● **Extracted data**:
//! A log and a trace that were worked by hand, and what is wrong with others.
ghost use Rattle.std.specs.Prelude.{◌≡◌, ◌≤◌, IfOk, length};
ghost use Rattle.cq_base.specs.Limits.{most_ports};
ghost use Rattle.cq_list.specs.InputList.{cells_of};
ghost use Rattle.cq_prefs.specs.FirstCells.{orders_of};
ghost use Rattle.cq_audit.specs.Phase.{AreOfPhase};

use cq_audit::{PhaseFault, audit_trace, part, read_log, stable_told};
use cq_base::{NoMemory, Port, Transfer};
use cq_lines::LineRefusal;
use cq_list::InputList;
use cq_prefs::Offers;
use cq_trial_kit::{LOG, TRACE, list_of, waiting};
use std::alloc::Global;

// Whether a log is read as these transfers.
fn is_read_as(alloc: Global, log: &[u8], told: &[Transfer]) -> bool {
    match read_log(alloc, log, 2) {
        Ok(note) => note.as_slice() == told,
        Err(_) => false,
    }
}

#[test]
fn the_log_of_two_cells_for_one_output_is_read(rt: HostRuntime) {
    let told = [crossing(1, 0, 0), crossing(2, 1, 0)];
    assert!(rt; is_read_as(rt.alloc(), LOG.as_bytes(), &told));
}

// Logs of a switch of two ports, and the first wrong line of each.
const LOGS: &[(&[u8], Option<u64>)] = &[
    (b"", None),
    (b"0 1 0 0 0\n0 2 1 0 0 0\n", Some(1)),
    (b"0 1 0 0 0 0\n0 2 1 0 0 0", Some(2)),
    (b"0 1 0 0 0 0\n0 1 0 0 0 0\n", Some(2)),
    (b"0 2 0 0 0 0\n0 1 1 0 0 0\n", Some(2)),
    (b"0 1 2 0 0 0\n", Some(1)),
    (b"0 3 0 0 0 0\n", Some(1)),
    (b"18446744073709551616 1 0 0 0 0\n", Some(1)),
    (b"0 1 0 0 0 -\n", Some(1)),
];

// Whether a log is refused at this line, or read where none is wrong.
fn is_refused_at(alloc: Global, row: &(&[u8], Option<u64>)) -> bool {
    let (log, line) = *row;
    match read_log(alloc, log, 2) {
        Ok(_) => line.is_none(),
        Err(LineRefusal::Line { line: at }) => line == Some(at),
        Err(LineRefusal::NoMemory) => false,
    }
}

#[test]
fn a_log_is_refused_at_its_first_wrong_line(rt: HostRuntime) {
    for row in LOGS {
        assert!(rt; is_refused_at(rt.alloc(), row));
    }
}

// Traces, and the first line of each that is other than in the worked one.
const TRACES: &[(&str, Option<u64>)] = &[
    (TRACE, None),
    ("0 0 0 0 0\n1 0 1 0 1\n", Some(2)),
    ("0 0 0 0 0\n", Some(2)),
    ("0 0 0 0 0\n1 0 1 0 0", Some(2)),
    ("0 0 0 0 0\n1 0 1 0 0\n2 0 0 1 0\n", Some(3)),
];

fn differs_at(row: &(&str, Option<u64>)) -> bool {
    audit_trace(row.0.as_bytes(), TRACE.as_bytes()) == row.1
}

#[test]
fn a_trace_differs_in_its_first_line_that_is_other(rt: HostRuntime) {
    for row in TRACES {
        assert!(rt; differs_at(row));
    }
}

// The list of an input of two, with one cell, which is for output 0.
fn one_waits(alloc: Global, input: Port) -> Result<InputList, NoMemory>
    ensures { IfOk result (λ list. list.outputs ≡ 2) }
{
    list_of(alloc, input, 2, &[(0, 0)])
}

// The line of an input whose first cell crosses to an output in a phase of slot zero.
fn crossing(phase: u8, input: Port, output: Port) -> Transfer
    ensures slot { result.slot ≡ 0 }
    ensures phase { result.phase ≡ phase }
    ensures input { result.input ≡ input }
    ensures output { result.output ≡ output }
{
    Transfer {
        slot: 0,
        phase,
        input,
        output,
        id: waiting(input, 0, 0, 0).cell.id,
    }
}

// What is wrong with these lines, if anything is.
fn verdict(lists: &[InputList], offers: &Offers, lines: &[Transfer]) -> Option<PhaseFault>
    requires few { length lists.now ≤ most_ports }
    requires offers { offers.now ≡ orders_of (cells_of lists.now) }
    requires lines { AreOfPhase (length lists.now) 0 1 lines.now }
{
    match stable_told(lists, offers, 0, 1, lines) {
        Ok(_) => None,
        Err(fault) => Some(fault),
    }
}

// Whether a phase of two inputs, in each of which a cell for output zero waits, is refused at its first wrong line,
// or at its first pair that is not settled.
fn are_told(lists: &[InputList], offers: &Offers) -> bool
    requires lists { length lists.now ≡ 2 }
    requires offers { offers.now ≡ orders_of (cells_of lists.now) }
{
    let first = crossing(1, 0, 0);
    let second = crossing(1, 1, 0);
    let unsettled = Some(PhaseFault::Blocking(0, 0));
    let verdicts = [
        verdict(lists, offers, &[first]),
        verdict(lists, offers, &[]),
        verdict(lists, offers, &[second]),
        verdict(lists, offers, &[crossing(1, 0, 1)]),
        verdict(lists, offers, &[first, second]),
    ];
    verdicts
        == [
            None,
            unsettled,
            unsettled,
            Some(PhaseFault::WrongLine(0)),
            Some(PhaseFault::WrongLine(1)),
        ]
}

// Whether it is, with the lists and the offers of that phase.
fn phases_are_told(alloc: Global) -> bool {
    let Ok(zero) = one_waits(alloc, 0) else {
        return false;
    };
    let Ok(one) = one_waits(alloc, 1) else {
        return false;
    };
    let Ok(mut offers) = Offers::new(alloc, 2) else {
        return false;
    };
    let lists = [zero, one];
    offers.fill(&lists);
    are_told(&lists, &offers)
}

#[test]
fn a_phase_is_refused_at_its_first_wrong_line_or_first_unsettled_pair(rt: HostRuntime) {
    assert!(rt; phases_are_told(rt.alloc()));
}

// Whether so many lines are of the phase, and so many stand behind them.
fn parts_into(lines: &[Transfer], phase: u8, first: usize, behind: usize) -> bool {
    let (of_phase, others) = part(lines, 0, phase);
    of_phase.len() == first && others.len() == behind
}

#[test]
fn the_lines_of_a_phase_stand_at_the_front(rt: HostRuntime) {
    let lines = [crossing(1, 0, 0), crossing(1, 1, 1)];
    assert!(rt; parts_into(&lines, 1, 2, 0) && parts_into(&lines, 2, 0, 2));
}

● **Task description**: Every line of the entries that includes "zero" must be copied into the answer.

● **Task solution**:
// The line of an input whose first cell crosses to an output in a phase of slot zero.
// Whether a phase of two inputs, in each of which a cell for output zero waits, is refused at its first wrong line,
    let Ok(zero) = one_waits(alloc, 0) else {
    let lists = [zero, one];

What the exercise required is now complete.